Right to Grievance Redressal: Lodge a complaint with the Data Protection Board of India.

To exercise any of these rights, contact us at lms@nhscc.in. We will respond within 30 days.

8. Data Security

We implement industry-standard security measures to protect your personal information:

TLS/SSL encryption for all data in transit between your browser and our servers.
AES-256 encryption for sensitive data at rest.
Role-based access controls limiting data access to authorized personnel only.
Regular security audits, vulnerability assessments, and penetration testing.
Secure password hashing using bcrypt with appropriate salt rounds.
Automated backup systems with encrypted offsite storage.
Incident response procedures for prompt handling of security breaches.

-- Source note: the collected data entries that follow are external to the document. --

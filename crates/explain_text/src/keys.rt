// Identifiers with a number each, in order.
ghost use Rattle.std.specs.Prelude.{◌≡◌, ◌&&◌, ◌≤◌, true, false, length, Contains, IfSome, IfNone, IsPermutation, bytes_eq, nat_le};
ghost use Rattle.std.specs.List.{list_any};
ghost use Rattle.std.specs.List.Sorted.{IsPartitionPoint};
ghost use Rattle.std.specs.Cmp.Lexicographic.{slice_cmp};
ghost use Rattle.std.specs.Ordering.{is_le, is_lt, nat_cmp};
ghost use Rattle.constraint_meet.specs.Places.{Key, key_cmp};
ghost use Rattle.explain_text.specs.Keys.{AreOf, AscendByNumber, IsUpTo, is_key};

use der_core::Oid;
use std::cmp::Ordering;

fn compare(key: &(Oid, u128), id: &[u8], number: u128) -> Ordering
    ensures { result ≡ key_cmp key.now (id.now, number) }
{
    key.0.octets().cmp(id).then(key.1.cmp(&number))
}

// By their identifiers, and then by the numbers, ascending. Takes no memory.
pub(crate) fn in_order(mut keys: Vec<(Oid, u128)>) -> Vec<(Oid, u128)>
    ensures same { IsPermutation keys.items result.items }
    ensures ordered { AscendByNumber result.items }
{
    keys.sort_unstable_by(|this, that| compare(this, that.0.octets(), that.1));
    keys
}

// How many come up to this identifier with this number.
fn count_up_to(keys: &[(Oid, u128)], id: &[u8], number: u128) -> usize
    requires ordered { AscendByNumber keys.now }
    ensures bound { result ≤ length keys.now }
    ensures parted { IsPartitionPoint
        (λ key. is_le (key_cmp key (id.now, number)) ≡ true)
        (λ key. is_le (key_cmp key (id.now, number)) ≡ false) keys.now result }
{
    keys.partition_point(|key| compare(key, id, number).is_le())
}

// The last of these.
fn last_up_to<'b>(keys: &'b [(Oid, u128)], id: &[u8], number: u128) -> Option<&'b (Oid, u128)>
    requires ordered { AscendByNumber keys.now }
    ensures found { IfSome result (λ last. Contains keys.now last.now) }
    ensures up_to { IfSome result (λ last. IsUpTo last.now (id.now, number)) }
    ensures last { IfSome result (λ last. (key : Key) → Contains keys.now key
        → IsUpTo key (id.now, number) → IsUpTo key last.now) }
    ensures none { IfNone result ((key : Key) → Contains keys.now key
        → IsUpTo key (id.now, number) → ⊥) }
{
    let count = count_up_to(keys, id, number);
    if count == 0 {
        None
    } else {
        Some(&keys[count - 1])
    }
}

// Whether the identifier is there with this number.
pub(crate) fn is_key(keys: &[(Oid, u128)], id: &[u8], number: u128) -> bool
    requires ordered { AscendByNumber keys.now }
    ensures { result ≡ is_key keys.now id.now number }
{
    match last_up_to(keys, id, number) {
        Some(last) => last.0.octets() == id && last.1 == number,
        None => false,
    }
}

// Whether the identifier is there with this number or a lesser one.
pub(crate) fn is_up_to(keys: &[(Oid, u128)], id: &[u8], number: u128) -> bool
    requires ordered { AscendByNumber keys.now }
    ensures { result
        ≡ list_any (λ key. bytes_eq key.0 id.now && nat_le key.1 number) keys.now }
{
    match last_up_to(keys, id, number) {
        Some(last) => last.0.octets() == id,
        None => false,
    }
}

// How many come before those of an identifier.
fn first_of(keys: &[(Oid, u128)], id: &[u8]) -> usize
    requires ordered { AscendByNumber keys.now }
    ensures bound { result ≤ length keys.now }
    ensures parted { IsPartitionPoint
        (λ key. is_lt (slice_cmp nat_cmp key.0 id.now) ≡ true)
        (λ key. is_lt (slice_cmp nat_cmp key.0 id.now) ≡ false) keys.now result }
{
    keys.partition_point(|key| key.0.octets().cmp(id).is_lt())
}

// How many come before all those behind them.
fn end_of(keys: &[(Oid, u128)], id: &[u8]) -> usize
    requires ordered { AscendByNumber keys.now }
    ensures bound { result ≤ length keys.now }
    ensures parted { IsPartitionPoint
        (λ key. is_le (slice_cmp nat_cmp key.0 id.now) ≡ true)
        (λ key. is_le (slice_cmp nat_cmp key.0 id.now) ≡ false) keys.now result }
{
    keys.partition_point(|key| key.0.octets().cmp(id).is_le())
}

// Those of an identifier, which stand side by side.
pub(crate) fn keys_of<'b>(keys: &'b [(Oid, u128)], id: &[u8]) -> &'b [(Oid, u128)]
    requires ordered { AscendByNumber keys.now }
    ensures { AreOf keys.now id.now result.now }
{
    let first = first_of(keys, id);
    let end = end_of(keys, id);
    &keys[first..end]
}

While we employ robust security measures, no method of electronic transmission or storage is 100% secure. We cannot guarantee absolute security of your data.

9. Children’s Privacy

The NHSCC LMS is designed for professional and adult learners. We do not knowingly collect personal information from individuals under the age of 18. If you are under 18, you may only use the Platform with the involvement and consent of a parent or legal guardian. If we learn that we have collected personal data from a child without proper consent, we will take steps to delete that information promptly.

10. International Data Transfers

Your personal data is primarily stored and processed on servers located in India. In certain cases, data may be processed by third-party service providers located outside India. When such transfers occur, we ensure appropriate safeguards are in place, including contractual clauses that require the receiving party to maintain the same level of data protection.

11. Changes to This Policy

We may update this Privacy Policy from time to time to reflect changes in our practices, technologies, legal requirements, or other factors. When we make material changes, we will notify you by posting the updated policy on this page with a revised “Last Updated” date. For significant changes, we may also notify you via email or a prominent notice on the Platform. Your continued use of the Platform after changes constitutes acceptance of the updated policy.